ABOUT THIS TASK: In how many lines of the listing below does "follow" appear? Reply with the number only.

INFORMATION:

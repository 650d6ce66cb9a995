//! The tree of ordinal ranks at the entry of a program.
ghost use Rattle.std.specs.Prelude.{◌≡◌, ◌⊎◌, ◌≤◌, ℤ, List, IfOk, length};
ghost use Rattle.step_meaning.specs.Syntax.{statements};
ghost use Rattle.control_flow.specs.Invariants.{AreInvariants};
ghost use Rattle.control_flow.specs.Labels.{all_labels};
ghost use Rattle.control_flow.specs.Told.{told_by};
ghost use Rattle.control_flow.specs.Transitions.{AreOnward, AreTold};
ghost use Rattle.decision_tree.specs.Evaluation.{eval};
ghost use Rattle.decision_tree.specs.Plans.{plan_of};
ghost use Rattle.ordinal_rank.specs.Families.{BoundsEnds, IsFit};

use crate::cells::{follow, given};
use crate::family::left_of;
use crate::fitting::fit_or_given_up;
use crate::jump::Power;
use crate::lacking::{adds, lacks};
use crate::ordinal::OrdinalRank;
use crate::sweeps::swept;
use backward_sweeps::{Operands, at_once};
use control_flow::{Graph, Transition};
use decision_tree::{AffineRank, Tree, Why};
use forward_inv::{Inv, transitions_of};
use loop_moves::{Parting, Question, Search, front};
use num_domain::NumDomain;
use rank_synthesis::{ORDER, RankedCell, Synthesis};
use std::alloc::{AllocError, Global};
use tree_support::tree_at_entry;
use tree_unify::laws::either_has_the_first_defined_leaf;
use tree_unify::{TreeFault, either};

/// The most nodes of the tree, leaves included.
const MOST_NODES: u64 = 4_096;

/// A tree of ordinal ranks at the entry of the program: with each input at which it makes a claim every run ends, bounded one after the other as
/// the values of the rank's functions say. It is meant for inputs of which the cover says nothing: beside what sweeps propose it has what
/// linear programs do, where these may propose some and as long as such an input is left. The only error is want of memory.
pub fn ranked<D: NumDomain>(
    alloc: Global,
    graph: &Graph,
    inv: &Inv<D>,
    cover: &Tree<AffineRank>,
    delay: u32,
    synthesises: bool,
) -> Result<Tree<OrdinalRank>, AllocError>
    requires invariants { AreInvariants D.has (length graph.now.names) (statements graph.now.body) inv.now }
    ensures fit { IfOk result (λ tree. IsFit (length graph.now.names) (plan_of tree)) }
    ensures ends { IfOk result (λ tree. BoundsEnds (length graph.now.names) (statements graph.now.body) (plan_of tree)) }
{
    let transitions = transitions_of(alloc, graph, inv)?;
    let proposed = swept(alloc, inv, &transitions, delay)?;
    let swept = if may_add(alloc, graph, cover, &Tree::Bottom, &proposed)? {
        at_entry(alloc, graph, inv, &transitions, &proposed)?
    } else {
        Tree::Bottom
    };
    let tree = with_synthesis(alloc, graph, inv, &transitions, cover, synthesises, swept)?;
    fit_or_given_up(alloc, &tree, &graph.program().names)
}

/// The tree at the entry of the family that the check leaves of the trees. The only error is want of memory.
fn at_entry<D: NumDomain>(
    alloc: Global,
    graph: &Graph,
    inv: &Inv<D>,
    transitions: &[Transition],
    proposed: &[Tree<OrdinalRank>],
) -> Result<Tree<OrdinalRank>, AllocError>
    requires invariants { AreInvariants D.has (length graph.now.names) (statements graph.now.body) inv.now }
    requires transitions { length transitions.now ≡ length (all_labels (statements graph.now.body)) }
    requires told { AreTold (statements graph.now.body) (told_by D.told_bounds D.told_rows D.seen_empty inv.now) transitions.now }
    requires trees { length proposed.now ≡ length (all_labels (statements graph.now.body)) }
    ensures { IfOk result (λ tree. BoundsEnds (length graph.now.names) (statements graph.now.body) (plan_of tree)) }
{
    let family = left_of(alloc, graph, inv, transitions, proposed)?;
    tree_at_entry(graph, &family).copy(alloc)
}

/// Whether the proposed tree at the entry may claim something of an input of which neither the cover nor the ranks so far say anything. The only error is
/// want of memory.
fn may_add(
    alloc: Global,
    graph: &Graph,
    cover: &Tree<AffineRank>,
    ranked: &Tree<OrdinalRank>,
    proposed: &[Tree<OrdinalRank>],
) -> Result<bool, AllocError> {
    match proposed.get(graph.entry() as usize) {
        Some(proposal) => adds(alloc, cover, ranked, proposal),
        None => Ok(true),
    }
}

/// The tree with what the check leaves of ranks by linear programs, where these may propose some and as long as some input has no claim. The only
/// error is want of memory.
fn with_synthesis<D: NumDomain>(
    alloc: Global,
    graph: &Graph,
    inv: &Inv<D>,
    transitions: &[Transition],
    cover: &Tree<AffineRank>,
    synthesises: bool,
    swept: Tree<OrdinalRank>,
) -> Result<Tree<OrdinalRank>, AllocError>
    requires invariants { AreInvariants D.has (length graph.now.names) (statements graph.now.body) inv.now }
    requires transitions { length transitions.now ≡ length (all_labels (statements graph.now.body)) }
    requires told { AreTold (statements graph.now.body) (told_by D.told_bounds D.told_rows D.seen_empty inv.now) transitions.now }
    requires few { length transitions.now ≤ 1024 }
    requires onward { AreOnward transitions.now }
    requires swept { BoundsEnds (length graph.now.names) (statements graph.now.body) (plan_of swept) }
    ensures { IfOk result (λ tree. BoundsEnds (length graph.now.names) (statements graph.now.body) (plan_of tree)) }
{
    if !synthesises {
        return Ok(swept);
    }
    let (keep, goal) = operands(alloc, transitions.len())?;
    let operands = Operands {
        all: true,
        goal: &goal,
        keep: &keep,
    };
    let question = Question {
        transitions,
        operands: &operands,
        is_weak: false,
        under: &[],
        plan: None,
        variables: graph.program().names.items().len() as u32,
    };
    let mut search = Search::new(alloc);
    let mut synthesis = Synthesis::of(&mut search, inv, &question)?;
    let tree = with_pairs(
        alloc,
        graph,
        inv,
        transitions,
        cover,
        &mut search,
        &mut synthesis,
        swept,
    )?;
    with_lists(
        alloc,
        graph,
        inv,
        transitions,
        cover,
        &mut search,
        &mut synthesis,
        tree,
    )
}

/// The tree with what the check leaves of ranks of two parts, as long as some input has no claim. The only error is want of memory.
fn with_pairs<D: NumDomain>(
    alloc: Global,
    graph: &Graph,
    inv: &Inv<D>,
    transitions: &[Transition],
    cover: &Tree<AffineRank>,
    search: &mut Search,
    synthesis: &mut Synthesis,
    tree: Tree<OrdinalRank>,
) -> Result<Tree<OrdinalRank>, AllocError>
    requires invariants { AreInvariants D.has (length graph.now.names) (statements graph.now.body) inv.now }
    requires transitions { length transitions.now ≡ length (all_labels (statements graph.now.body)) }
    requires told { AreTold (statements graph.now.body) (told_by D.told_bounds D.told_rows D.seen_empty inv.now) transitions.now }
    requires few { length transitions.now ≤ 1024 }
    requires onward { AreOnward transitions.now }
    requires tree { BoundsEnds (length graph.now.names) (statements graph.now.body) (plan_of tree) }
    ensures { IfOk result (λ tree. BoundsEnds (length graph.now.names) (statements graph.now.body) (plan_of tree)) }
{
    let mut tree = tree;
    for parting in Parting::ALL {
        if lacks(alloc, cover, &tree)? {
            if let Some(cells) = synthesis.paired(search, parting)? {
                tree = with_cells(
                    alloc,
                    graph,
                    inv,
                    transitions,
                    cover,
                    &cells,
                    Power::First,
                    tree,
                )?;
            }
        }
    }
    Ok(tree)
}

/// The tree with what the check leaves of ranks of more parts, as long as some input has no claim. The only error is want of memory.
fn with_lists<D: NumDomain>(
    alloc: Global,
    graph: &Graph,
    inv: &Inv<D>,
    transitions: &[Transition],
    cover: &Tree<AffineRank>,
    search: &mut Search,
    synthesis: &mut Synthesis,
    tree: Tree<OrdinalRank>,
) -> Result<Tree<OrdinalRank>, AllocError>
    requires invariants { AreInvariants D.has (length graph.now.names) (statements graph.now.body) inv.now }
    requires transitions { length transitions.now ≡ length (all_labels (statements graph.now.body)) }
    requires told { AreTold (statements graph.now.body) (told_by D.told_bounds D.told_rows D.seen_empty inv.now) transitions.now }
    requires few { length transitions.now ≤ 1024 }
    requires onward { AreOnward transitions.now }
    requires tree { BoundsEnds (length graph.now.names) (statements graph.now.body) (plan_of tree) }
    ensures { IfOk result (λ tree. BoundsEnds (length graph.now.names) (statements graph.now.body) (plan_of tree)) }
{
    let mut tree = tree;
    for (parts, parting) in ORDER {
        if lacks(alloc, cover, &tree)? {
            if let Some(cells) = synthesis.listed(search, parting, parts)? {
                tree = with_cells(
                    alloc,
                    graph,
                    inv,
                    transitions,
                    cover,
                    &cells,
                    highest_of(parts),
                    tree,
                )?;
            }
        }
    }
    Ok(tree)
}

/// The highest power in a rank of so many parts.
fn highest_of(parts: usize) -> Power {
    match parts {
        0..=2 => Power::First,
        3 => Power::Second,
        4 => Power::Third,
        _ => Power::Fourth,
    }
}

/// What is to be kept until the end, which is everything, and the end: claims for so many labels.
fn operands(
    alloc: Global,
    labels: usize,
) -> Result<(Vec<Tree<AffineRank>>, Vec<Tree<AffineRank>>), AllocError> {
    let mut keep = Vec::with_capacity(alloc, labels)?;
    for _ in 0..labels {
        let claim = at_once(alloc, Why::Atom)?;
        keep.push(claim)?;
    }
    let mut goal = Vec::with_capacity(alloc, 1)?;
    let claim = at_once(alloc, Why::Now)?;
    goal.push(claim)?;
    Ok((keep, goal))
}

/// The tree, with what the check leaves of the cells' ranks where it makes no claim. The only error is want of memory.
fn with_cells<D: NumDomain>(
    alloc: Global,
    graph: &Graph,
    inv: &Inv<D>,
    transitions: &[Transition],
    cover: &Tree<AffineRank>,
    cells: &[RankedCell],
    highest: Power,
    tree: Tree<OrdinalRank>,
) -> Result<Tree<OrdinalRank>, AllocError>
    requires invariants { AreInvariants D.has (length graph.now.names) (statements graph.now.body) inv.now }
    requires transitions { length transitions.now ≡ length (all_labels (statements graph.now.body)) }
    requires told { AreTold (statements graph.now.body) (told_by D.told_bounds D.told_rows D.seen_empty inv.now) transitions.now }
    requires few { length transitions.now ≤ 1024 }
    requires onward { AreOnward transitions.now }
    requires tree { BoundsEnds (length graph.now.names) (statements graph.now.body) (plan_of tree) }
    ensures { IfOk result (λ tree. BoundsEnds (length graph.now.names) (statements graph.now.body) (plan_of tree)) }
{
    let mut trees = given(alloc, transitions, cells)?;
    let front = front(alloc, transitions, graph.entry())?;
    follow(alloc, transitions, highest, &front, true, &mut trees)?;
    if !may_add(alloc, graph, cover, &tree, &trees)? {
        return Ok(tree);
    }
    follow(alloc, transitions, highest, &front, false, &mut trees)?;
    let more = at_entry(alloc, graph, inv, transitions, &trees)?;
    joined(alloc, tree, &more)
}

/// The first tree, with the second's claims where it makes none; the first alone where they can't be joined in 4,096 nodes or a number passes
/// 128 bits. The only error is want of memory.
fn joined(
    alloc: Global,
    first: Tree<OrdinalRank>,
    second: &Tree<OrdinalRank>,
) -> Result<Tree<OrdinalRank>, AllocError>
    ensures { IfOk result (λ made. (store : List ℤ) → (eval (plan_of made) store ≡ eval (plan_of first) store)
        ⊎ (eval (plan_of made) store ≡ eval (plan_of second.now) store)) }
{
    either_has_the_first_defined_leaf::<OrdinalRank>();
    match either(alloc, &first, second) {
        Ok(both) if both.size() <= MOST_NODES => Ok(both),
        Ok(_) | Err(TreeFault::Full { .. } | TreeFault::Wide(_)) => Ok(first),
        Err(TreeFault::Memory(error)) => Err(error),
    }
}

ANSWER TO THIS TASK: 3